RECORDS FOR THIS EXERCISE:
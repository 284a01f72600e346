ghost use Rattle.barline_follow.specs.Laws.{
  BarlinesAreOne,
  AnswersGain,
  BestsAreOne,
  EditsLeadToOne,
  FewAreReached,
  FoundAreOne,
  FrontsAreOne,
  HeadCostsAreOne,
  MostBuiltAreOne,
  OffersAreFew,
  OffersAreOne,
  ScriptsAreInRange,
  ScriptsSetBarlines,
};

/// A bar has one list of offers.
pub fn offers_are_one()
    ensures { OffersAreOne }
{}

/// A bar has at most 14 offers, and the first one 25.
pub fn offers_are_few()
    ensures { OffersAreFew }
{}

/// Those that go on have one next front.
pub fn fronts_are_one()
    ensures { FrontsAreOne }
{}

/// Barlines have one head cost.
pub fn head_costs_are_one()
    ensures { HeadCostsAreOne }
{}

/// A list comes to one thing: it is lost, or goes on, or is whole at one cost.
pub fn found_are_one()
    ensures { FoundAreOne }
{}

/// A performance has one best list, or none.
pub fn bests_are_one()
    ensures { BestsAreOne }
{}

/// A performance has one answer.
pub fn answers_are_one()
    ensures { BarlinesAreOne }
{}

/// An answer on a performance without pins is nothing, or gains three tenths, prices and all.
pub fn answers_gain()
    ensures { AnswersGain }
{}

/// Edits that are accepted in turn lead to one performance.
pub fn edits_lead_to_one()
    ensures { EditsLeadToOne }
{}

/// The lines of a script are in range, where its barlines are.
pub fn scripts_are_in_range()
    ensures { ScriptsAreInRange }
{}

/// An accepted script sets the barlines that it leads to, and changes nothing else.
pub fn scripts_set_barlines()
    ensures { ScriptsSetBarlines }
{}

/// Edits reach one number of cells in turn, and one number of tables is the most that are built.
pub fn most_built_are_one()
    ensures { MostBuiltAreOne }
{}

/// Edits of bars reach in turn at most two cells of each voice for each of them.
pub fn few_are_reached()
    ensures { FewAreReached }
{}
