//! Barlines that follow the player: where the barlines of a performance do not fit how it was played, the edit script that moves them
//! to where they do. `follow` gives it for a session. `best_barlines` looks for barlines round after round, each list of them valued by
//! the least cost of its trees and the prices of its bars; `follow_script` is the script to barlines.
#![tactic(auto)]

mod barlines;
mod barring;
mod batch;
mod cells;
mod costs;
mod crew;
mod find;
mod following;
mod gather;
mod heads;
mod laws;
mod least;
mod longer;
mod next_bar;
mod offers;
mod round;
mod script;
mod search;
mod stages;
mod trial;
mod tried;
mod voice;
mod weigh;

pub use barring::Barring;
pub use following::follow;
pub use laws::{
    answers_are_one, answers_gain, bests_are_one, edits_lead_to_one, few_are_reached,
    found_are_one, fronts_are_one, head_costs_are_one, most_built_are_one, offers_are_few,
    offers_are_one, scripts_are_in_range, scripts_set_barlines,
};
pub use script::follow_script;
pub use search::best_barlines;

THE TASK: What is needed here is every record above, repeated exactly.

PROBLEM SOLUTION:
repository 284a01f72600e346
ghost use Rattle.barline_follow.specs.Laws.{
  BarlinesAreOne,
  AnswersGain,
  BestsAreOne,
  EditsLeadToOne,
  FewAreReached,
  FoundAreOne,
  FrontsAreOne,
  HeadCostsAreOne,
  MostBuiltAreOne,
  OffersAreFew,
  OffersAreOne,
  ScriptsAreInRange,
  ScriptsSetBarlines,
};

/// A bar has one list of offers.
pub fn offers_are_one()
    ensures { OffersAreOne }
{}

/// A bar has at most 14 offers, and the first one 25.
pub fn offers_are_few()
    ensures { OffersAreFew }
{}

/// Those that go on have one next front.
pub fn fronts_are_one()
    ensures { FrontsAreOne }
{}

/// Barlines have one head cost.
pub fn head_costs_are_one()
    ensures { HeadCostsAreOne }
{}

/// A list comes to one thing: it is lost, or goes on, or is whole at one cost.
pub fn found_are_one()
    ensures { FoundAreOne }
{}

/// A performance has one best list, or none.
pub fn bests_are_one()
    ensures { BestsAreOne }
{}

/// A performance has one answer.
pub fn answers_are_one()
    ensures { BarlinesAreOne }
{}

/// An answer on a performance without pins is nothing, or gains three tenths, prices and all.
pub fn answers_gain()
    ensures { AnswersGain }
{}

/// Edits that are accepted in turn lead to one performance.
pub fn edits_lead_to_one()
    ensures { EditsLeadToOne }
{}

/// The lines of a script are in range, where its barlines are.
pub fn scripts_are_in_range()
    ensures { ScriptsAreInRange }
{}

/// An accepted script sets the barlines that it leads to, and changes nothing else.
pub fn scripts_set_barlines()
    ensures { ScriptsSetBarlines }
{}

/// Edits reach one number of cells in turn, and one number of tables is the most that are built.
pub fn most_built_are_one()
    ensures { MostBuiltAreOne }
{}

/// Edits of bars reach in turn at most two cells of each voice for each of them.
pub fn few_are_reached()
    ensures { FewAreReached }
{}
//! Barlines that follow the player: where the barlines of a performance do not fit how it was played, the edit script that moves them
//! to where they do. `follow` gives it for a session. `best_barlines` looks for barlines round after round, each list of them valued by
//! the least cost of its trees and the prices of its bars; `follow_script` is the script to barlines.
#![tactic(auto)]

mod barlines;
mod barring;
mod batch;
mod cells;
mod costs;
mod crew;
mod find;
mod following;
mod gather;
mod heads;
mod laws;
mod least;
mod longer;
mod next_bar;
mod offers;
mod round;
mod script;
mod search;
mod stages;
mod trial;
mod tried;
mod voice;
mod weigh;

pub use barring::Barring;
pub use following::follow;
pub use laws::{
    answers_are_one, answers_gain, bests_are_one, edits_lead_to_one, few_are_reached,
    found_are_one, fronts_are_one, head_costs_are_one, most_built_are_one, offers_are_few,
    offers_are_one, scripts_are_in_range, scripts_set_barlines,
};
pub use script::follow_script;
pub use search::best_barlines;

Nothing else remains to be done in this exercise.